[Stored dataset items]
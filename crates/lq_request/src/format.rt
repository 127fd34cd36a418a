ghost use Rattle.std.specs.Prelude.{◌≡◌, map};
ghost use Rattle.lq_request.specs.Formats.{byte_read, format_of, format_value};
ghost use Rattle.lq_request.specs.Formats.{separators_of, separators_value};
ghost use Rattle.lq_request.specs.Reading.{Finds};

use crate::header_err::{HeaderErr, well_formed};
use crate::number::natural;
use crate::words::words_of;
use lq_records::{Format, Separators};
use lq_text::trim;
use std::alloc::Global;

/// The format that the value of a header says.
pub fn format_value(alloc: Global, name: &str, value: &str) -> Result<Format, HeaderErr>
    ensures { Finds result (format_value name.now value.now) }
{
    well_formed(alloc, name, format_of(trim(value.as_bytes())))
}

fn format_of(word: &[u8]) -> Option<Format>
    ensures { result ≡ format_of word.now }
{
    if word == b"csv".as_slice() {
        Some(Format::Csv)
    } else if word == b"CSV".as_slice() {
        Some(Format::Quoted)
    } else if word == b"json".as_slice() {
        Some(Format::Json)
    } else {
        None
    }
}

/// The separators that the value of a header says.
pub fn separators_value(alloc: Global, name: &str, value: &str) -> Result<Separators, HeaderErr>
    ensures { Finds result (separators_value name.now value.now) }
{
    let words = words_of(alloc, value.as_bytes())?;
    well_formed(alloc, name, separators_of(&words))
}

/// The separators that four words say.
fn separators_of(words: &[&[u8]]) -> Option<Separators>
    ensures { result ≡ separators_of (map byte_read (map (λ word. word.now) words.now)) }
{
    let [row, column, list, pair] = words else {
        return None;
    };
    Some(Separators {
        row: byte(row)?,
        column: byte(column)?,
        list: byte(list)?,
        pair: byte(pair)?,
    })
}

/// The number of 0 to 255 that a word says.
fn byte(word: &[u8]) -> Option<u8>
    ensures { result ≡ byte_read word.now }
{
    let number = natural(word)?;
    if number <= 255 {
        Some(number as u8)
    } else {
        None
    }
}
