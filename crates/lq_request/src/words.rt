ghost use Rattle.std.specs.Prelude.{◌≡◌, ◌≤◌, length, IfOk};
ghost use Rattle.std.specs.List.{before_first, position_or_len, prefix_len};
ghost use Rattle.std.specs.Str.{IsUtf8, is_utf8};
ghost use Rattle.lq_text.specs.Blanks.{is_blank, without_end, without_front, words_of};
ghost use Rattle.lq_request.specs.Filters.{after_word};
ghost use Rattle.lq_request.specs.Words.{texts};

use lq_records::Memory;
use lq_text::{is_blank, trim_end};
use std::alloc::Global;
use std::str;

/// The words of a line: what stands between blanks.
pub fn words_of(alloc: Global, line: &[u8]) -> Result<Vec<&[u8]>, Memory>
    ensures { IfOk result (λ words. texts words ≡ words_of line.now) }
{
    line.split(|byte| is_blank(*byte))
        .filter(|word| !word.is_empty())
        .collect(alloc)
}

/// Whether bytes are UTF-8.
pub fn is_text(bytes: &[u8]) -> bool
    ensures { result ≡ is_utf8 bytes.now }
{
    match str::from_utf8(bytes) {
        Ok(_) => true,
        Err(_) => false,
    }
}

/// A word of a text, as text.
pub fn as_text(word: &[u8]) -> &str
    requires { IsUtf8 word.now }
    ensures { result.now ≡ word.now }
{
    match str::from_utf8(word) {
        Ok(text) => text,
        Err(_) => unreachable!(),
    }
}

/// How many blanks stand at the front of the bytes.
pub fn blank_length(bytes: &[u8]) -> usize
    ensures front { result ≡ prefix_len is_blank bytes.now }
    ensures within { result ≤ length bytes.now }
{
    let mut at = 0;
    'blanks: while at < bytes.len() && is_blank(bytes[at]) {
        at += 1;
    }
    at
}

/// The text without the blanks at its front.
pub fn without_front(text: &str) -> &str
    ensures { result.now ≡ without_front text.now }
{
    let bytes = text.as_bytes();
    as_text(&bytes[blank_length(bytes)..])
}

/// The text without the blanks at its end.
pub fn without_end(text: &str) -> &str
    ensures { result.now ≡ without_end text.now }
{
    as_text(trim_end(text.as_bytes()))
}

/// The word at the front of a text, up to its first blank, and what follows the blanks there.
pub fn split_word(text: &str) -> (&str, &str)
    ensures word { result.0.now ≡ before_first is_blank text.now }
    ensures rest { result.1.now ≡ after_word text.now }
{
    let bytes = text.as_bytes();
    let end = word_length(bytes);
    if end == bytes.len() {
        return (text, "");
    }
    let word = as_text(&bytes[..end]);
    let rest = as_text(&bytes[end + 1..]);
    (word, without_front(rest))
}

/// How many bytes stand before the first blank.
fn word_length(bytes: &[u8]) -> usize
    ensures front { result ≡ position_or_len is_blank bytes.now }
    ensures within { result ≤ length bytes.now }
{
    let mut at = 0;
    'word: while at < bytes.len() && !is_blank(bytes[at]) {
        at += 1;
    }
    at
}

PROBLEM: Every entry must be output again exactly as it was given.

OUTPUT FOR THIS TASK:
filename crates/lq_request/src/format.rt
repository 127fd34cd36a418a
ghost use Rattle.std.specs.Prelude.{◌≡◌, map};
ghost use Rattle.lq_request.specs.Formats.{byte_read, format_of, format_value};
ghost use Rattle.lq_request.specs.Formats.{separators_of, separators_value};
ghost use Rattle.lq_request.specs.Reading.{Finds};

use crate::header_err::{HeaderErr, well_formed};
use crate::number::natural;
use crate::words::words_of;
use lq_records::{Format, Separators};
use lq_text::trim;
use std::alloc::Global;

/// The format that the value of a header says.
pub fn format_value(alloc: Global, name: &str, value: &str) -> Result<Format, HeaderErr>
    ensures { Finds result (format_value name.now value.now) }
{
    well_formed(alloc, name, format_of(trim(value.as_bytes())))
}

fn format_of(word: &[u8]) -> Option<Format>
    ensures { result ≡ format_of word.now }
{
    if word == b"csv".as_slice() {
        Some(Format::Csv)
    } else if word == b"CSV".as_slice() {
        Some(Format::Quoted)
    } else if word == b"json".as_slice() {
        Some(Format::Json)
    } else {
        None
    }
}

/// The separators that the value of a header says.
pub fn separators_value(alloc: Global, name: &str, value: &str) -> Result<Separators, HeaderErr>
    ensures { Finds result (separators_value name.now value.now) }
{
    let words = words_of(alloc, value.as_bytes())?;
    well_formed(alloc, name, separators_of(&words))
}

/// The separators that four words say.
fn separators_of(words: &[&[u8]]) -> Option<Separators>
    ensures { result ≡ separators_of (map byte_read (map (λ word. word.now) words.now)) }
{
    let [row, column, list, pair] = words else {
        return None;
    };
    Some(Separators {
        row: byte(row)?,
        column: byte(column)?,
        list: byte(list)?,
        pair: byte(pair)?,
    })
}

/// The number of 0 to 255 that a word says.
fn byte(word: &[u8]) -> Option<u8>
    ensures { result ≡ byte_read word.now }
{
    let number = natural(word)?;
    if number <= 255 {
        Some(number as u8)
    } else {
        None
    }
}
filename crates/lq_request/src/words.rt
ghost use Rattle.std.specs.Prelude.{◌≡◌, ◌≤◌, length, IfOk};
ghost use Rattle.std.specs.List.{before_first, position_or_len, prefix_len};
ghost use Rattle.std.specs.Str.{IsUtf8, is_utf8};
ghost use Rattle.lq_text.specs.Blanks.{is_blank, without_end, without_front, words_of};
ghost use Rattle.lq_request.specs.Filters.{after_word};
ghost use Rattle.lq_request.specs.Words.{texts};

use lq_records::Memory;
use lq_text::{is_blank, trim_end};
use std::alloc::Global;
use std::str;

/// The words of a line: what stands between blanks.
pub fn words_of(alloc: Global, line: &[u8]) -> Result<Vec<&[u8]>, Memory>
    ensures { IfOk result (λ words. texts words ≡ words_of line.now) }
{
    line.split(|byte| is_blank(*byte))
        .filter(|word| !word.is_empty())
        .collect(alloc)
}

/// Whether bytes are UTF-8.
pub fn is_text(bytes: &[u8]) -> bool
    ensures { result ≡ is_utf8 bytes.now }
{
    match str::from_utf8(bytes) {
        Ok(_) => true,
        Err(_) => false,
    }
}

/// A word of a text, as text.
pub fn as_text(word: &[u8]) -> &str
    requires { IsUtf8 word.now }
    ensures { result.now ≡ word.now }
{
    match str::from_utf8(word) {
        Ok(text) => text,
        Err(_) => unreachable!(),
    }
}

/// How many blanks stand at the front of the bytes.
pub fn blank_length(bytes: &[u8]) -> usize
    ensures front { result ≡ prefix_len is_blank bytes.now }
    ensures within { result ≤ length bytes.now }
{
    let mut at = 0;
    'blanks: while at < bytes.len() && is_blank(bytes[at]) {
        at += 1;
    }
    at
}

/// The text without the blanks at its front.
pub fn without_front(text: &str) -> &str
    ensures { result.now ≡ without_front text.now }
{
    let bytes = text.as_bytes();
    as_text(&bytes[blank_length(bytes)..])
}

/// The text without the blanks at its end.
pub fn without_end(text: &str) -> &str
    ensures { result.now ≡ without_end text.now }
{
    as_text(trim_end(text.as_bytes()))
}

/// The word at the front of a text, up to its first blank, and what follows the blanks there.
pub fn split_word(text: &str) -> (&str, &str)
    ensures word { result.0.now ≡ before_first is_blank text.now }
    ensures rest { result.1.now ≡ after_word text.now }
{
    let bytes = text.as_bytes();
    let end = word_length(bytes);
    if end == bytes.len() {
        return (text, "");
    }
    let word = as_text(&bytes[..end]);
    let rest = as_text(&bytes[end + 1..]);
    (word, without_front(rest))
}

/// How many bytes stand before the first blank.
fn word_length(bytes: &[u8]) -> usize
    ensures front { result ≡ position_or_len is_blank bytes.now }
    ensures within { result ≤ length bytes.now }
{
    let mut at = 0;
    'word: while at < bytes.len() && !is_blank(bytes[at]) {
        at += 1;
    }
    at
}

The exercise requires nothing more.